“働かないアリ”と
組織における“脇役”を考える

 有名な働きアリの観察の研究がある。一生懸命働いているように見えるアリの行列をよく観察すると、働いているアリを横目にただ動き回っているだけのアリたちがいる。彼らは、一見忙しそうに動いているのだが、実は行列に沿って行き来しているだけでエサを担いでいるわけではない。

 動いているだけ、“働いているフリ”をしているだけというアリが全体の2割はいるという。働いているアリについてもよく観察してみると、大変よく働くアリと、普通の働きのアリがいる。全体の割合を観察するとよく働くアリが2割、普通に働くアリが6割、全く働かないアリが2割という構成になるようだ。

 次に、よく働くアリだけを一カ所に集めて、新たなアリの組織を作ってみる。すると、なぜかまた働かないアリが出てくる。よく働くアリだけの集団を何度作っても、時間がたつと自然に2:6:2の比率でアリは仕事を分担するようになる。逆に働かないアリだけの集団を作ると、さすがに作業能率は落ちるのだが、それでも働かないアリの集団の中からよく働くアリが2割ほど登場するようだ。

 ご存じの方も多いと思うが、この観察研究はビジネスの世界でもよく注目されている。大企業で“デキる”人材だけを集めてスタートした特命プロジェクトが大失敗したり、プロスポーツの世界でスタープレイヤーを集めたチームがまったく優勝にからめなかったりするたびに、この法則はかなり当たっているのではないかという気がしてくる。

■“働かないアリ”がいなくなった後の疲弊感

 ところでこの研究にはまだ未知の研究分野があるらしい。最近聞いたのだが「どうも働かないアリには組織の中でなんらかの役割があるのではないか」という新しい研究が行われているという話だ。

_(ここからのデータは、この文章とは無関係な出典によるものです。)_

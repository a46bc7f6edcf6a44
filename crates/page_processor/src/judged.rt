ghost use Rattle.relation_laws.specs.Verdicts.{Verdict};
ghost use Rattle.sql_values.specs.declared.value.Value.{Value};
ghost use Rattle.std.specs.Prelude.{List};
ghost use Rattle.page_processor.specs.Judged.{IsJudged, first_failure, rows_before};

use col_pages::Page;
use sql_values::{Fail, RowList};

/// The rows that a judge keeps before the first row that fails, and that failure.
#[derive(Drop)]
pub struct Judged {
    pub page: Page,
    pub failure: Option<Fail>,
}

/// The law that the rows before some place are judged, and that the row there fails.
pub fn rows_are_judged_up_to_a_place(rows: &RowList)
    ensures { (judge : List Value → Verdict) → IsJudged judge rows.now (rows_before judge rows.now) (first_failure judge rows.now) }
{}
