ghost use Rattle.std.specs.Prelude.{◌≡◌, ◌<◌, ◌≤◌, length, map, take, IfOk};
ghost use Rattle.sql_values.specs.Blocks.{with_cells};
ghost use Rattle.sql_values.specs.ColumnRows.{kinds_of};
ghost use Rattle.sql_exprs.specs.Forms.{form_view};
ghost use Rattle.sql_exprs.specs.Meaning.{kind_of};
ghost use Rattle.plan_trees.specs.Judges.{project_judge};
ghost use Rattle.col_pages.specs.Pages.{most_rows};
ghost use Rattle.page_processor.specs.Judged.{judged};
ghost use Rattle.page_processor.specs.Columns.{AreColumnsUpTo};
ghost use Rattle.col_pages.specs.Fits.{AllFit};
ghost use Rattle.page_processor.specs.Typed.{AllTyped};

use crate::judged::Judged;
use crate::values::{all_positions, values_before};
use col_pages::{Block, Page};
use sql_exprs::Expr;
use sql_values::{Fail, Memory, SqlType};
use std::alloc::Global;

/// The columns' values on the rows before the first on which a column fails.
pub fn project_page(alloc: Global, columns: &[Expr], page: &Page) -> Result<Judged, Memory>
    requires some { 0 < length columns.now }
    requires typed { AllTyped page.now.types (map form_view columns.now) }
    requires fits { AllFit page.now.types page.now.rows }
    ensures fits { IfOk result (λ j. AllFit (map (kind_of page.now.types) (map form_view columns.now)) j.page.rows) }
    ensures judged { IfOk result (λ j. j ≡ judged (project_judge page.now.types (map form_view columns.now)) (map (kind_of page.now.types) (map form_view columns.now)) page.now.rows) }
{
    let evaluated = evaluate_columns(alloc, columns, page)?;
    let types = kinds(alloc, evaluated.blocks.as_slice())?;
    Ok(Judged {
        page: Page::of_blocks(types, evaluated.blocks),
        failure: evaluated.failure,
    })
}

/// The columns, one block each, and the failure that comes after their last row.
#[derive(Drop)]
struct Evaluated {
    blocks: Vec<Block>,
    failure: Option<Fail>,
}

fn evaluate_columns(alloc: Global, columns: &[Expr], page: &Page) -> Result<Evaluated, Memory>
    ensures few { length page.now.rows ≤ most_rows }
    ensures evaluated { IfOk result (λ e. AreColumnsUpTo page.now.types page.now.rows (map form_view columns.now) e.blocks.items e.failure) }
{
    let mut positions = all_positions(alloc, page.len())?;
    let mut blocks = Vec::with_capacity(alloc, columns.len())?;
    let mut failure = None;
    for column in columns {
        let values = values_before(alloc, column, page, &mut positions)?;
        blocks.push(values.block)?;
        failure = values.failure.or(failure);
    }
    truncate_each(&mut blocks, positions.len());
    Ok(Evaluated { blocks, failure })
}

fn kinds(alloc: Global, blocks: &[Block]) -> Result<Vec<SqlType>, Memory>
    ensures { IfOk result (λ v. v.items ≡ kinds_of blocks.now) }
{
    let mut kinds = Vec::with_capacity(alloc, blocks.len())?;
    for block in blocks {
        kinds.push(block.kind())?;
    }
    Ok(kinds)
}

fn truncate_each(blocks: &mut Vec<Block>, len: usize)
    ensures { blocks.new.items ≡ map (λ b. with_cells b (take len b.cells)) blocks.old.items }
{
    for block in blocks.iter_mut() {
        block.truncate(len);
    }
}
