ghost use Rattle.std.specs.Prelude.{◌≡◌, Ok, IfOk, OnOk};
ghost use Rattle.std.specs.List.{range_with_len};
ghost use Rattle.sql_exprs.specs.Forms.{form_view};
ghost use Rattle.sql_exprs.specs.Meaning.{kind_of};
ghost use Rattle.sql_exprs.specs.Pages.{cell_at, cells_at};
ghost use Rattle.page_processor.specs.Positions.{calm_positions, index_of, values_at};

use col_pages::{Block, Page};
use column_exprs::eval_columns;
use sql_exprs::{Expr, PageFault};
use sql_values::{Fail, Memory};
use std::alloc::Global;

/// The values of an expression at positions, and the failure at the one after them.
#[derive(Drop)]
pub struct Values {
    pub block: Block,
    pub failure: Option<Fail>,
}

/// The positions of so many rows.
pub fn all_positions(alloc: Global, count: u32) -> Result<Vec<u32>, Memory>
    ensures { IfOk result (λ v. v.items ≡ range_with_len 0 count) }
{
    let mut positions = Vec::with_capacity(alloc, count as usize)?;
    for position in 0..count {
        positions.push(position)?;
    }
    Ok(positions)
}

/// The values before the first position at which the expression fails. That position and those
/// after it are taken out.
pub fn values_before(
    alloc: Global,
    expr: &Expr,
    page: &Page,
    positions: &mut Vec<u32>,
) -> Result<Values, Memory>
    ensures values { IfOk result (λ v. v ≡ values_at page.now.types page.now.rows positions.old.items (form_view expr.now)) }
    ensures kept { OnOk result (positions.new.items ≡ calm_positions (cell_at page.now.types (form_view expr.now) page.now.rows) positions.old.items) }
{
    match eval_columns(alloc, expr, page, positions.as_slice()) {
        Ok(block) => Ok(Values {
            block,
            failure: None,
        }),
        Err(PageFault::Memory) => Err(Memory),
        Err(PageFault::At { position, kind }) => {
            positions.truncate(index_of(positions.as_slice(), position));
            Ok(Values {
                block: calm_values(alloc, expr, page, positions.as_slice())?,
                failure: Some(kind),
            })
        }
    }
}

/// The values at positions at none of which the expression fails.
fn calm_values(alloc: Global, expr: &Expr, page: &Page, positions: &[u32]) -> Result<Block, Memory>
    ensures kind { IfOk result (λ b. b.kind ≡ kind_of page.now.types (form_view expr.now)) }
    ensures cells { IfOk result (λ b. cells_at page.now.types (form_view expr.now) page.now.rows positions.now ≡ Ok b.cells) }
{
    match eval_columns(alloc, expr, page, positions) {
        Ok(block) => Ok(block),
        Err(_) => Err(Memory),
    }
}

/// The index of the first position that is this one.
fn index_of(positions: &[u32], position: u32) -> usize
    ensures { result ≡ index_of position positions.now }
{
    for (i, other) in positions.iter().enumerate() {
        if *other == position {
            return i;
        }
    }
    positions.len()
}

 この話を最初聞いた直後には、「そんなバカなことはないだろう。働かないアリに役割があるなんて」と思ったのだが、すぐに「いや、人間の組織ではこの話は当てはまっているかもしれない」と思い直した。つまり、こういうことである。

 僕の取引先企業の多くは、ここ数年の不況を乗り切るためにかなり踏み込んだリストラを実施してきた。組織の中であまり働いていない人を配置転換したり、退職勧告を出したりして人の数を減らしていった。その結果何が起きたか。社内に疲弊感が広がり、徐々に生産性が落ちている部署が増えているように見受けられる。

 リストラの理論的根拠の一つに、「2割の人材が残り8割の人材を食わせている」という経験則がある。従業員の行動と企業の利益を分析してみると、利益の8割は2割の従業員からもたらされるというのだ。残りの従業員のうち、6割は自分の給与分を稼ぐのが精一杯。最後の2割は自分の給料を稼ぐどころか利益の足をひっぱっているということになる。これが、いわゆる「パレートの法則」である。